Status Report #9: (11/23) Cyrus

  • Met with Stern on Wednesday to try to fix issues with our MFCC + DTW code.
  • The librosa library we were using in Python does not provide enough options for tweaking the algorithm to our specific application, and hence we decided to switch to MATLAB after a second meeting with Professor Stern.
  • Verification of our algorithm requires the use of spectrograms, and we are currently having trouble replicating spectrograms in MATLAB for audio samples whose spectrograms are already known.

 

Status Report #8: (11/16) Cyrus

  • Worked on using DTW to map the time series of one signal to the time series of another signal.
  • Wrote DTW code that returns a path with this mapping, but we are unsure how to use this path to actually compare 2 signals, and determine whether they match. Hence, we decided to meet with Stern to figure out what conclusion we can get from DTW, and how this actually solves some of the issues that we experienced with our initial MFCC implementation.
  • We also started testing under different environments, and realised that ambient noise might be a problem. Hence we are thinking of using adaptive filters to filter noise out.

Status Report #6: 11/2 (Cyrus)

  • Had to miss the meeting with Professor Stern due to an onsite interview. Also looked into dynamic time warping (this was suggested by Professor Stern, and hence I had to ramp up on this due to missing the meeting).
  • Worked with Spencer and Eugene to create the demo for the upcoming week. The demo uses a prediction model based on MFCC coefficients.

Status Report #5: 10/26 (Cyrus)

  • Looked into audio transcription using C++, and this made us realise that audio transcription is I/O bound. This confirmed our suspicion that a signal processing based approach was the only way to move forward.
  • Set up the time sync infrastructure with Eugene, and fixed numerous bugs across the 2 python scripts, as well as understanding some of the source code for PyAudio to understand why some of our programs weren’t working as expected.
  • With a better understanding of PyAudio, Eugene and I were able to reduce the lower-bound latency even more (around 100ms).
  • Looked into MFCC coefficients with Spencer, but Spencer and I were unable to come up with an accurate way of comparing these coefficients across 2 different recordings. We are meeting with Professor Stern on Monday to obtain clarity on the same.
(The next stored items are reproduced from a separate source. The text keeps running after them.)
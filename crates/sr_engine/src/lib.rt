//! What the run of a script is made of: a reader of its lines, a writer that gathers the answers, and the ways in which
//! a run ends. It calls no session: the loop that does stands with the session.
#![tactic(auto)]

mod answers;
mod end;
mod laws;
mod output;
mod script;

pub use answers::Answers;
pub use end::End;
pub use laws::lines_are_determined;
pub use output::write_all;
pub use script::{Fill, LONGEST_LINE, Script, read_on};
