//! Reads the lines of a script.
ghost use Rattle.std.specs.Prelude.{◌≡◌, ◌<◌, ◌≤◌, ◌++◌, ℕ, List, [], false, IfOk, OnOk, MatchResult, length, take};
ghost use Rattle.std.specs.Io.KnownBytes.{Consumes, Keeps, IsAtEnd};
ghost use Rattle.sr_base.specs.Faults.{HasCause};
ghost use Rattle.sr_engine.specs.Reading.{Fills, Held, NextIs, ReadsOn, held_after, held_first, streams, supply};
ghost use Rattle.sr_engine.specs.Lines.{head_of};

use crate::answers::Answers;
use memchr::memchr;
use sr_base::{Failed, Sink, SinkFault, Source};
use std::alloc::{AllocError, Global};
use std::marker::Model;

/// The most bytes that a line may have, a carriage return counted.
pub const LONGEST_LINE: usize = 140_000;

/// The most bytes that a script may have.
const MOST_BYTES: u32 = 33_554_432;

/// The bytes that one read asks for.
const PIECE: usize = 65_536;

/// What a read gave.
#[derive(Debug, Drop, Clone, Copy)]
pub enum Fill {
    /// More bytes came.
    More,
    /// The source is at its end.
    End,
    /// The read failed.
    Failed,
    /// A byte too many came before, and nothing was read.
    TooMuch,
}

/// A reader of the lines of a script. Contracts see it as a `Held`.
///
/// Beside a piece it holds the first 140,001 bytes of a line, by which a line that is longer than the 140,000 bytes that
/// it may have shows as such. A line that lies whole in the piece isn't copied.
#[derive(Drop)]
pub struct Script {
    piece: Vec<u8>,
    at: usize,
    end: usize,
    from: usize,
    to: usize,
    lent: bool,
    line: Vec<u8>,
    taken: u32,
}

impl Model for Script {
    ghost use Rattle.std.specs.Prelude.{◌≡◌, ◌≤◌, ◌-◌, ◌<◌, take, drop};
    ghost use Rattle.std.specs.Vec.{vec_len};
    ghost use Rattle.sr_engine.specs.Reading.{Held, line_in, piece_bytes};

    ghost Value = { Held };

    ghost view = { λ s. record {
      line = line_in s.lent (take (s.to - s.from) (drop s.from s.piece.items)) s.line.items;
      unread = take (s.end - s.at) (drop s.at s.piece.items);
      taken = s.taken;
      lent = s.lent;
    } };

    ghost invariant = { λ s. (s.at ≤ s.end) × (s.end ≤ vec_len s.piece) × (0 < vec_len s.piece)
        × (vec_len s.piece ≤ piece_bytes) × (s.from ≤ s.to) × (s.to ≤ vec_len s.piece) };
}

/// Adds to what is held of a line, as far as a line that is too long shows.
fn keep(kept: &mut Vec<u8>, more: &[u8]) -> Result<(), AllocError>
    ensures { OnOk result ((rest : List ℕ) → kept.old.items ≡ head_of rest
        → kept.new.items ≡ head_of (rest ++ more.now)) }
{
    let room = (LONGEST_LINE + 1).saturating_sub(kept.len());
    let count = room.min(more.len());
    kept.extend_from_slice(&more[..count])?;
    Ok(())
}

/// Reads at most `most` bytes into the front of the buffer.
fn read_front<S: Source>(source: &mut S, buffer: &mut [u8], most: usize) -> Result<usize, Failed>
    requires { (0 < most) × (most ≤ length buffer.old) }
    ensures len { length buffer.new ≡ length buffer.old }
    ensures few { IfOk result (λ count. count ≤ most) }
    ensures bytes { MatchResult result
        (λ count. Consumes (S.left source.old) (S.left source.new) (take count buffer.new)
        × (count ≡ 0 → IsAtEnd (S.left source.new)))
        (λ _. Keeps (S.left source.old) (S.left source.new)) }
    ensures cause { HasCause (S.faults source.old) (S.faults source.new) result }
{
    source.read(&mut buffer[..most])
}

impl Script {
    /// A reader that has taken nothing.
    pub fn new(alloc: Global) -> Result<Script, AllocError>
        ensures { IfOk result (λ (s : Held). s ≡ held_first) }
    {
        let piece = vec![in alloc; 0u8; PIECE]?;
        Ok(Script {
            piece,
            at: 0,
            end: 0,
            from: 0,
            to: 0,
            lent: false,
            line: Vec::new(alloc),
            taken: 0,
        })
    }

    /// The head of the line that came last, or that goes on.
    pub fn line(&self) -> &[u8]
        ensures { result.now ≡ self.now.line }
    {
        if self.lent {
            &self.piece[self.from..self.to]
        } else {
            self.line.as_slice()
        }
    }

    /// Lets the line go that came last.
    pub fn clear(&mut self)
        ensures { self.new ≡ held_after self.old }
    {
        self.lent = false;
        self.line.clear();
    }

    /// Goes on to the next line feed that was taken, and says whether there is one. After an `Err` the run ends.
    pub fn next(&mut self) -> Result<bool, AllocError>
        requires { self.old.lent ≡ false }
        ensures { IfOk result (λ found. NextIs self.old self.new found) }
    {
        let unread = &self.piece[self.at..self.end];
        match memchr(b'\n', unread) {
            Some(count) => {
                if self.line.as_slice().is_empty() {
                    self.from = self.at;
                    self.to = self.at + count;
                    self.lent = true;
                    self.at += count + 1;
                    return Ok(true);
                }
                keep(&mut self.line, &unread[..count])?;
                self.at += count + 1;
                Ok(true)
            }
            None => {
                keep(&mut self.line, unread)?;
                self.at = self.end;
                Ok(false)
            }
        }
    }

    /// Reads on, where all that was taken was looked at: at most 65,536 bytes, and none past the first one too many.
    fn fill<S: Source>(&mut self, source: &mut S) -> Fill
        requires looked { self.old.unread ≡ [] }
        requires spent { self.old.lent ≡ false }
        ensures { Fills (supply (S.left source.old) (S.faults source.old))
            (supply (S.left source.new) (S.faults source.new)) self.old self.new result }
    {
        self.at = 0;
        self.end = 0;
        if self.taken > MOST_BYTES {
            return Fill::TooMuch;
        }
        let room = self.piece.len().min((MOST_BYTES + 1 - self.taken) as usize);
        match read_front(source, &mut self.piece, room) {
            Ok(0) => Fill::End,
            Ok(count) => {
                self.end = count.min((MOST_BYTES - self.taken) as usize);
                self.taken += count as u32;
                Fill::More
            }
            Err(_) => Fill::Failed,
        }
    }
}

/// Writes what is gathered, and then reads on: it is the only way to read, so the source is never read before each line
/// that was taken is answered and its answer is in the sink.
pub fn read_on<S: Source, K: Sink>(
    script: &mut Script,
    out: &mut Answers,
    source: &mut S,
    sink: &mut K,
) -> Result<Fill, SinkFault>
    requires looked { script.old.unread ≡ [] }
    requires spent { script.old.lent ≡ false }
    ensures { ReadsOn
        (streams (S.left source.old) (S.faults source.old) (K.held sink.old) (K.faults sink.old) out.old)
        (streams (S.left source.new) (S.faults source.new) (K.held sink.new) (K.faults sink.new) out.new)
        script.old script.new result }
{
    match out.flush(sink) {
        Ok(()) => Ok(script.fill(source)),
        Err(fault) => Err(fault),
    }
}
Status Report #4: 10/19 (Cyrus)

  • Setup venv to handle speech recognition module.
  • Looked at Spencer’s code involving audio to text conversion for potential improvements and optimizations.
  • Looked into compiled python as a way to improve performance over interpreted python. Minimal difference in performance (which hints that the program is I/O bound).
  • Next steps: looking to replicate this in C++ to enhance performance. Spencer and I are diverging at this point to try 2 different approaches, and see which one works. My approach should be sufficient if audio to text is computationally bound. Otherwise signal processing might be required to reduce the dependence on I/O.
  • Looking to use Tensorflow.

Status Report #1: 9/28 (Cyrus)

  • Carried out experiments on how to “jam” wake word on Siri, since we did not have google home/alexa yet. Tests were successful with human voices. However, playing a voice recording of the jamming voice in a loop seemed to give around a 50% success rate. (Done with Spencer)
  • Redefined the problem as a latency problem: how do we obfuscate the wake word effectively? Need to hit the “s” sound at the same time as siri.  
  • Latency testing for the program that Eugene wrote using python and pyaudio: good results. It is very fast to detect input + spit out a predefined output. This is without a neural net in the middle. Establishes that what we are doing is possible (done with Spencer).